Submitted by darth_nadoma t3_yixcuc in Futurology
Able-Emotion4416 t1_iumvp3a wrote
Reply to comment by ajabardar1 in Clean air activists condemn 'silent pandemic' of pollution in African cities by darth_nadoma
I agree that development requires stability. But IMHO the biggest problem African countries face today is the unfair and scandalous economic warfare: e.g. dumping of subsidized goods and services into African markets.
Heavily subsidized Western agricultural goods have ruined African agribusiness, and kept over 70% of African in subsistence farming (as customers would rather buy cheap Western staple food, than local ones. And thus agribusiness is unprofitable, and banks make no loans for a green revolution, i.e. mechanization, modern tools, better fertilizers, pesticides, etc Basically, most Africans still farm like Europe used to do in the Middle Ages....).

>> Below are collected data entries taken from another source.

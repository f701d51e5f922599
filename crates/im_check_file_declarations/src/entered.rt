//! What a declarator at file scope declares, in scope behind it (C11 6.7, 6.9).
ghost use Rattle.std.specs.Prelude.{◌≡◌, MatchResult};
ghost use Rattle.im_ctree.specs.Shape.{declarator_of, maybe_initializer_of};
ghost use Rattle.im_rules.specs.Breaks.{a_declarator};
ghost use Rattle.im_rules.specs.FileScope.{past_strings};
ghost use Rattle.im_rules.specs.Initialisers.{completed as completed_type};
ghost use Rattle.im_rules.specs.Strings.{strings_of_declarator};
ghost use Rattle.im_rules.specs.Typed.{Declares};
ghost use Rattle.im_check_file_specifiers.specs.im_rules_limits.Limits.{IsWithin};
ghost use Rattle.im_ctree_parts.specs.Lists.{list_from};
ghost use Rattle.im_types.specs.Shape.{type_of};
ghost use Rattle.im_check_type_specifiers.specs.Specified.{qualified_of};
ghost use Rattle.im_check_declarators.specs.Shape.{declared_of};
ghost use Rattle.im_check_declarators.specs.Suffixes.{IsFault};
ghost use Rattle.im_check_file_place.specs.Files.{file_place_of};
ghost use Rattle.im_check_file_declarations.specs.Steps.{IsEntered, IsNameFault};

use im_check_declarators::Declared;
use im_check_file_names::declared_in_file;
use im_check_file_place::File;
use im_check_file_specifiers::declarator;
use im_check_shapes::completed;
use im_check_sizes::all_fit;
use im_check_stop::Stop;
use im_check_texts::append_declarator;
use im_check_type_specifiers::Qualified;
use im_ctree::{Declarator, Initializer, Specifier};
use im_types::{Type, copy};
use std::alloc::Global;

/// What a declarator declares, behind its string literals.
pub(crate) fn read(
    alloc: Global,
    q: Qualified,
    d: &Declarator,
    file: &mut File,
) -> Result<Declared, Stop>
    ensures { let e = declarator_of d.now in let p = file_place_of file.old in MatchResult result
        (λ y. Declares p.context (qualified_of q) e (declared_of y)
        × (file_place_of file.new ≡ past_strings (strings_of_declarator e) p)
        × IsWithin p.context (a_declarator (qualified_of q) e))
        (IsFault p.context (a_declarator (qualified_of q) e)) }
{
    let y = declarator(alloc, q, d, &mut file.place)?;
    append_declarator(alloc, d, &mut file.texts)?;
    Ok(y)
}

/// The type of what is declared, with the length that its initialiser gives; its name is in scope.
pub(crate) fn entered(
    alloc: Global,
    specifiers: &[Specifier],
    at: u32,
    y: &Declared,
    initializer: &Option<Initializer>,
    file: &mut File,
) -> Result<Type, Stop>
    ensures { let p = file_place_of file.old in let xs = list_from specifiers.now in
        let z = declared_of y.now in let i = maybe_initializer_of initializer.now in
        MatchResult result
        (λ ty. (type_of ty ≡ completed_type z.type i) × IsEntered p xs z i (file_place_of file.new))
        (IsNameFault p xs z i at) }
{
    let ty = completed(copy(alloc, &y.ty)?, initializer);
    let whole = initializer.is_some();
    declared_in_file(alloc, specifiers, at, y, &ty, whole, file)?;
    all_fit(file.place.structs.table(), &ty)?;
    Ok(ty)
}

Another very obvious ones are 2nd hand stuff, from clothes, to bicycles. These goods devastated entire industries. Just one example, in the early 80s, Kenya had over 500k workers in the textile industry. Then came IMF/world bank imposed austerity on steroids, blind deregulation and privatizations, and indiscriminate opening of borders to all Western goods, including 2nd hand clothes. By late 1980s, the Kenyan textile industry collapsed to just 20k workers, and mostly focused only on the 2nd hand clothing industry... quiet a tragedy! Millions lost their jobs on the continent. And the African street wear was forever changed. For the worse.

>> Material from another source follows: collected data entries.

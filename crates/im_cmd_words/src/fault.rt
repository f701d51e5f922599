ghost use Rattle.std.specs.Prelude.{◌≡◌};
ghost use Rattle.im_cmd_words.specs.declared.fault.WordsFault.TheVariants.{OutOfMemory};

use std::alloc::AllocError;
use thiserror::Error;

/// Why words name no command.
#[derive(Debug, Drop, Error)]
pub enum WordsFault {
    /// The table doesn't take the words, a request for help among them: the text for the user.
    #[error("{0}")]
    Usage(String),
    #[error("no memory")]
    OutOfMemory,
}

impl From<AllocError> for WordsFault {
    ghost from_gives = { λ _ e. e ≡ OutOfMemory };

    fn from(_fault: AllocError) -> WordsFault {
        WordsFault::OutOfMemory
    }
}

And last but not least, most of international aid money is used to pay the donor country's own companies to provide services/goods to African country. For example, a few years ago, a West African country wanted to create a form of eGovernment, or at least an online presence with a platform for its population to use for many different basic bureaucratic necessities, as to streamline governmental services, reducing costs and waiting time for tax-payers and citizens (and donors of course).

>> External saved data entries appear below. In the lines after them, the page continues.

ghost use Rattle.std.specs.Prelude.{◌≡◌, ◌≢◌, IfOk, IfErr, Some, None, map};
ghost use Rattle.std.specs.String.{string_bytes};
ghost use Rattle.clap.specs.Words.{kind_of};
ghost use Rattle.im_cmd_words.specs.Named.{HasBounds, IsUsage, meaning, named};

use crate::matched::matched_command;
use crate::table::command_table;
use crate::{Command, WordsFault};
use clap::error::ErrorKind;
use std::alloc::Global;

/// What clap lets through and the table doesn't: a number with a sign or a zero before it.
const NUMBER_FORM: &str = "error: a number has no sign and no zero before it\n";

/// The fault of words that clap refuses: its text, or that memory ran out.
fn refusal(alloc: Global, error: clap::Error) -> WordsFault
    ensures { IsUsage result → kind_of error ≢ ErrorKind.OutOfMemory }
{
    if error.kind() == ErrorKind::OutOfMemory {
        return WordsFault::OutOfMemory;
    }
    match error.to_string(alloc) {
        Ok(text) => WordsFault::Usage(text),
        Err(_) => WordsFault::OutOfMemory,
    }
}

/// The command that the words name, the first of them being the program's own name.
///
/// `Usage` is answered only where the words name none, or ask for help.
pub fn read_words<'a>(alloc: Global, words: &'a [String]) -> Result<Command<'a>, WordsFault>
    ensures named { IfOk result (λ c. named (map string_bytes words.now) ≡ Some (meaning c)) }
    ensures bounds { IfOk result HasBounds }
    ensures refused { IfErr result (λ e. IsUsage e → named (map string_bytes words.now) ≡ None) }
{
    let table = command_table(alloc)?;
    match table.try_get_matches_from(words) {
        Ok(matches) => match matched_command(&matches) {
            Some(command) => Ok(command),
            None => Err(WordsFault::Usage(NUMBER_FORM.to_string(alloc)?)),
        },
        Err(error) => Err(refusal(alloc, error)),
    }
}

Anyways, there was a fair competition. And an African software company won the bid. It was simply better, and cheaper. However, a French company that had also participated and lost (too expensive, too over-engineered, culturally insensitive to local taste, est. ), lobbied the French government. And France in turn blackmailed that country to either give the contract to a French company or risk losing a good chunk of its aid money.... WTF!?! That's just one example.
But there are many other examples of aid money actually benefiting Western and other rich countries' companies and economy, while making African countries carry the debt, and the often useless/in adapted infrastructure and other goods/services.
ajabardar1 t1_iumwwj7 wrote
imho the biggest problem is the current economic system.